Yes, the figure was 250GFLOP for 4 cores instead of per core, I misread. Still i...

adrian_b · 2024-08-01T05:28:19.000000Z

The floating-point FMA throughput per desktop CPU socket and per clock cycle has been doubled every few years in the sequence: Athlon 64 (2003) => Athlon 64 X2 (2005) => Core 2 (2006) => Nehalem (2008) => Sandy Bridge (2011) => Haswell (2013) => Coffee Lake Refresh (2018) => Ryzen 9 3950X (2019) => Ryzen 9 9950X (2024), going from 1 FP64 FMA/socket/clock cycle until 256 FP64 FMA/socket/clock cycle, with double numbers for FP32 FMA (1 FMA/s is counted as 2 Flop/s).

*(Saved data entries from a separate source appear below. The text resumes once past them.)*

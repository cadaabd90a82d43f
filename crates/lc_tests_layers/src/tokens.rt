//! Tokens, the records that are held back, and logs that may be reset.
ghost use Rattle.std.specs.Prelude.{◌≡◌, [], ◌∷◌, IfOk};

use crate::expect::equal;
use lc_page::{PageText, PageVector};
use lc_record::{Items, Lock, RangeData, Record};
use lc_token::{
    HoldBack, KnownClean, Received, Token, TokenPlace, Unclean, dirty_pages, may_reset,
};
use std::alloc::{AllocError, Global};
use std::process::Abort;
use std::test::Fail;

// A record with this number in segment 1, and one byte there.
fn record_of(alloc: Global, seq: u64) -> Result<Record, AllocError>
    ensures { IfOk result (λ r. r.locks ≡ record { segment = 1; seq = seq } ∷ []) }
{
    let locks = vec![in alloc; Lock { segment: 1, seq }]?;
    let range = RangeData {
        segment: 1,
        offset: 3,
        bytes: Items::new(vec![in alloc; 7u8]?),
    };
    Ok(Record {
        node: 0,
        locks: Items::new(locks),
        ranges: Items::new(Vec::from_array(alloc, [range])?),
    })
}

// What becomes of the record with this number, and up to what all are applied then.
fn received(hold_back: &mut HoldBack, alloc: Global, seq: u64) -> Result<&'static str, Fail> {
    if hold_back.segment() != 1 {
        return Err(Fail::from("the segment is 1"));
    }
    Ok(match hold_back.receive(alloc, &record_of(alloc, seq)?)? {
        Received::Applied(1) => "applied 1",
        Received::Applied(3) => "applied 3",
        Received::Applied(_) => "applied to another number",
        Received::HeldBack => "held back",
        Received::Ignored => "ignored",
    })
}

// The numbers of the parts that are handed out next, at most two.
fn handed(hold_back: &mut HoldBack) -> [Option<u64>; 2] {
    let first = hold_back.next().map(|part| part.seq);
    [first, hold_back.next().map(|part| part.seq)]
}

// The number of each record that comes, what becomes of it, and the numbers of the parts that are handed out then.
static OUT_OF_ORDER: [(u64, &str, [Option<u64>; 2]); 4] = [
    (3, "held back", [None, None]),
    (1, "applied 1", [Some(1), None]),
    (1, "ignored", [None, None]),
    (2, "applied 3", [Some(2), Some(3)]),
];

#[test]
fn records_out_of_order_are_applied_in_order(rt: HostRuntime) -> Result<(), Fail> {
    let mut hold_back = HoldBack::new(rt.alloc(), 1, 0);
    for (row, (seq, answer, parts)) in OUT_OF_ORDER.iter().enumerate() {
        let came = received(&mut hold_back, rt.alloc(), *seq)?;
        equal(
            &rt,
            &row,
            &(came, handed(&mut hold_back)),
            &(*answer, *parts),
        );
    }
    Ok(())
}

// The token of a segment with two pages, which had number 4 on the disk, after a record that changed the second and a
// write of that under number 5.
fn written(rt: &impl Abort, alloc: Global, segment: u32) -> Result<Token, Fail> {
    let text = PageText {
        seq: 4,
        slot: None,
        gates: [false, false],
    };
    let pages = PageVector::new(alloc, &[text, text])?;
    assert!(rt; pages.len() == 2);
    let mut place = TokenPlace::new(segment, Some(Token::recovered(segment, 4, pages)));
    place.count_record();
    place.touch(1);
    let mut token = place.leave(false, false, 8, 8)?;
    assert!(rt; token.pages().len() == 2);
    assert!(rt; dirty_pages(alloc, &token)?.as_slice() == [1].as_slice());
    token.written(1, 5);
    Ok(token)
}

// The record of node 0 under locks 1:5 and 2:5, with the byte 11 at 0 in segment 1 and 22 at 0 in segment 2, in
// hexadecimal.
const LOG: [u64; 13] = [
    0xd_0002_01a5,
    0x2_0000,
    1,
    5,
    2,
    5,
    1,
    1,
    0x11,
    2,
    1,
    0x22,
    13,
];

// The segment whose written token is seen next, and whether the log may be reset before.
static BEFORE: [(u32, Result<(), Unclean>); 3] = [
    (2, Err(Unclean { segment: 1, seq: 5 })),
    (1, Err(Unclean { segment: 1, seq: 5 })),
    (1, Ok(())),
];

#[test]
fn a_log_is_reset_once_all_its_segments_are_clean(rt: HostRuntime) -> Result<(), Fail> {
    let mut known = KnownClean::new();
    for (row, (segment, answer)) in BEFORE.iter().enumerate() {
        equal(&rt, &row, &may_reset(&LOG, &known), answer);
        let token = written(&rt, rt.alloc(), *segment)?;
        assert!(rt; 1 <= token.segment() && token.segment() <= 16);
        known.see(&token);
    }
    Ok(())
}
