//! Transactions on one segment.
ghost use Rattle.std.specs.Prelude.{IfOk};
ghost use Rattle.lc_tx.specs.Tx.{RunsOn};
ghost use Rattle.lc_tx.specs.OneSegment.{the_images};

use crate::expect::equal;
use lc_record::Items;
use lc_tx::{Image, OneSegment, Prepared, Tx, TxFault};
use std::alloc::{AllocError, Global};
use std::test::Fail;

static ZEROS: [u8; 64] = [0; 64];

// A segment of 64 zeros, of which no record was closed. They are made once more where there is no memory.
fn segment_of(alloc: Global) -> Result<OneSegment, AllocError> {
    let zeros = match Vec::from_slice(alloc, &ZEROS) {
        Err(_) => Vec::from_slice(alloc, &ZEROS),
        zeros => zeros,
    };
    Ok(OneSegment {
        image: Image::new(zeros?),
        records: 0,
    })
}

// Begins a transaction, once more where there is no memory.
fn begin(alloc: Global, segment: &mut OneSegment) -> Result<Tx, TxFault>
    ensures { IfOk result (λ tx. RunsOn the_images segment.new tx) }
{
    match Tx::begin(alloc, segment, 1, &[1], &[]) {
        Err(TxFault::NoMemory) if segment.image.holders().is_free() => {
            Tx::begin(alloc, segment, 1, &[1], &[])
        }
        begun => begun,
    }
}

// Sets two bytes, once more where there is no memory and no range was added.
fn set(segment: &mut OneSegment, tx: &mut Tx, offset: u32) -> Result<(), TxFault>
    requires { RunsOn the_images segment.old tx.old }
    ensures { RunsOn the_images segment.new tx.new }
{
    let before = tx.ranges().len();
    match tx.set_range(segment, 1, offset, 2) {
        Err(TxFault::NoMemory) if tx.ranges().len() == before => {
            tx.set_range(segment, 1, offset, 2)
        }
        set => set,
    }
}

// Sets and writes nine ranges.
fn write_nine(segment: &mut OneSegment, tx: &mut Tx) -> Result<(), TxFault>
    requires { RunsOn the_images segment.old tx.old }
    ensures { RunsOn the_images segment.new tx.new }
{
    for i in 0..9 {
        set(segment, tx, 4 * i)?;
        tx.write(segment, 1, 4 * i, &[1, 2])?;
    }
    Ok(())
}

// The words of a transaction's record, or none.
fn words_of(alloc: Global, segment: &mut OneSegment, tx: &Tx) -> Result<Items<u64>, TxFault>
    requires { RunsOn the_images segment.old tx.now }
    ensures { RunsOn the_images segment.new tx.now }
{
    if segment.image.bytes().len() > 262144 {
        return Err(TxFault::OutOfSegment);
    }
    match tx.prepare_end(alloc, segment, 0)? {
        Prepared::Empty => Ok(Items::new(Vec::new(alloc))),
        Prepared::Record(words) => Ok(words),
    }
}

// What a transaction reads at 32 that has written nine ranges, and the words of its record. Each call is made once
// more where there is no memory.
fn of_nine(alloc: Global, segment: &mut OneSegment) -> Result<(Vec<u8>, Items<u64>), TxFault> {
    let mut tx = begin(alloc, segment)?;
    let done = write_nine(segment, &mut tx);
    let read = match tx.read(alloc, segment, 1, 32, 3) {
        Err(TxFault::NoMemory) => tx.read(alloc, segment, 1, 32, 3),
        read => read,
    };
    let words = match words_of(alloc, segment, &tx) {
        Err(TxFault::NoMemory) => words_of(alloc, segment, &tx),
        words => words,
    };
    tx.abort(segment);
    done?;
    Ok((read?, words?))
}

// More ranges are set and more bytes kept than lie in place, so that memory is wanted for both. Whichever allocation is
// refused, once, nothing has changed then.
#[test]
fn refused_memory_changes_nothing(rt: HostRuntime) -> Result<(), Fail> {
    let mut segment = segment_of(rt.alloc())?;
    let (read, words) = of_nine(rt.alloc(), &mut segment)?;
    equal(
        &rt,
        &"what is read",
        &read.as_slice(),
        &[1, 2, 0].as_slice(),
    );
    equal(&rt, &"the words", &words.as_slice().len(), &32);
    equal(
        &rt,
        &"what is left",
        &segment.image.bytes(),
        &ZEROS.as_slice(),
    );
    Ok(())
}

kvemkon · 2024-08-01T10:29:14.000000Z

I'd wish memory bandwidth could also be doubled so often on desktops. Instead of 256 (even more due to 2-3 times higher core frequency) only 14 times increase: DDR-400 6.4 GB/s => DDR5-5600 89.6 GB/s. The machine balance keeps falling even further.

While flash memory became so fast in recent years, I haven't heard of any break-through technology prototypes to bring some significant progress into RAM. Let alone the RAM latency, which remained constant (+/- few ns) through all the years.

adrian_b · 2024-08-01T15:44:14.000000Z

You are right, which is why in modern CPUs the maximum computational throughput can be reached only when a large part of the operands can be reused, so they can be taken from the L1 or from the L2 cache memories.

Unlike the main memory bandwidth or that of the shared L3 cache memory, the memory bandwidth of the non-shared L1 and L2 caches has been increased exactly in the same ratio as the FMA throughput. Almost all CPUs have always been able to do exactly the same number of FMA operations per clock cycle and loads from the L1 cache per clock cycle (simultaneously with typically only a half of that number, of stores to the L1 cache per clock cycle).

Had this not been true, the computational execution units of the cores would have become useless.

Fortunately, the solution of systems of linear equations and the multiplication of matrices are very frequent operations and these reuse most of their operands, so they can reach the maximum computational throughput.